The performance of LB allowed to expand the therapeutic weapons available to treat six patients (1/3) of the sample. As they presented with a RASwt mutational status, the possibility of administering anti-EGFR therapy was opened. Of the six patients in this subgroup, three started systemic chemotherapy together with anti-EGFR. In the remaining patients, the possibility of using this class of drugs was admitted after disease progression.

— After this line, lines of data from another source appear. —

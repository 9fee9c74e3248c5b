//! Carrying out an instruction.
ghost use Rattle.std.specs.Prelude.{◌≡◌, ◌≤◌, Some};
ghost use Rattle.asc_model.specs.Machine.{view_of};
ghost use Rattle.asc_model.specs.Instruction.{op_of, rd_of, rs1_of, rs2_of, imm_of};
ghost use Rattle.asc_model.specs.Places.{operand_places};
ghost use Rattle.asc_model.specs.Step.{effect_of, outcome_of_word};
ghost use Rattle.asc_isa.specs.Decode.{HasRegisters};
ghost use Rattle.asc_shape.specs.Face.{room_of};
ghost use Rattle.asc_step.specs.Execute.{AtInstruction, IsOfVersion, RunsSettled, answer_of, face_after_outcome};

use crate::Stepped;
use crate::effect::{Operands, effect_of};
use crate::finish::finish;
use crate::places::register;
use asc_model::{Instr, Op};
use asc_shape::{Shape, Words};

/// An instruction's operation, registers and immediate. What its format lacks is 0.
#[derive(Clone, Copy)]
struct Parts {
    op: Op,
    rd: u8,
    rs1: u8,
    rs2: u8,
    immediate: u32,
}

#[inline(always)]
fn split(instruction: Instr) -> Parts
    ensures op { result.op ≡ op_of instruction }
    ensures rd { result.rd ≡ rd_of instruction }
    ensures rs1 { result.rs1 ≡ rs1_of instruction }
    ensures rs2 { result.rs2 ≡ rs2_of instruction }
    ensures immediate { result.immediate ≡ imm_of instruction }
{
    let parts = |op, rd, rs1, rs2, immediate| Parts {
        op,
        rd,
        rs1,
        rs2,
        immediate,
    };
    match instruction {
        Instr::U { op, rd, imm } | Instr::J { op, rd, imm } => parts(op, rd, 0, 0, imm),
        Instr::I { op, rd, rs1, imm } => parts(op, rd, rs1, 0, imm),
        Instr::S { op, rs1, rs2, imm } | Instr::B { op, rs1, rs2, imm } => {
            parts(op, 0, rs1, rs2, imm)
        }
        Instr::R { op, rd, rs1, rs2 } => parts(op, rd, rs1, rs2, 0),
        Instr::Plain { op } => parts(op, 0, 0, 0, 0),
    }
}

/// Carries out the instruction at this pc. Its registers are settled where `SETTLED` says so.
#[inline(always)]
pub(crate) fn execute<B: Words, const SETTLED: bool>(
    bytes: &mut B,
    shape: Shape,
    pc: u32,
    instruction: Instr,
) -> Stepped
    requires shape { shape ≡ (B.face bytes.old).state.shape }
    requires registers { HasRegisters instruction }
    requires at { AtInstruction (B.face bytes.old) pc }
    requires version { let s = (B.face bytes.old).state in
        IsOfVersion s.shape.version (effect_of (view_of s) instruction) }
    requires settled { RunsSettled SETTLED (B.face bytes.old).marks instruction }
    requires room { 22 ≤ room_of (B.face bytes.old).marks }
    ensures answer { let s = (B.face bytes.old).state in
        result ≡ answer_of (outcome_of_word s.shape (view_of s) (Some instruction)) }
    ensures face { let s = (B.face bytes.old).state in
        B.face bytes.new ≡ face_after_outcome (B.face bytes.old)
        (operand_places s.shape (view_of s) (Some instruction))
        (outcome_of_word s.shape (view_of s) (Some instruction)) }
{
    let Parts {
        op,
        rd,
        rs1,
        rs2,
        immediate,
    } = split(instruction);
    let a = register::<B, SETTLED>(bytes, rs1);
    let b = register::<B, SETTLED>(bytes, rs2);
    let effect = effect_of(
        op,
        Operands {
            pc,
            a,
            b,
            immediate,
        },
    );
    finish::<B, SETTLED>(bytes, shape, pc, rd, effect)
}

The study presented here, presents a very small sample of patients. This fact is due to the relatively recent introduction of LB in clinical practice. Not being able to draw significant conclusions, namely with regard to survival data, this study provides evidence of the clinical applicability in the real world of LB which, in the evolutionary course of mCRC, may open therapeutic windows with valid clinical repercussions for patients.

Conclusions

LB have been the subject of considerable scientific interest in recent years. Its use can provide a more harmless way to access information about tumor genetic characteristics. Being less invasive and cost effective, it can be used more frequently than biopsies in solid pieces, leading to its possible implementation in interim evaluations and after disease progression. It is known that the amount of circulating DNA may be related to the tumor burden and be a possible marker of response to instituted therapies. The fact that it allows the analysis of a potential continuum of genetic alterations throughout the course of the disease may contribute to the optimization of personalized and individualized therapeutic sequencing of patients with mCRC.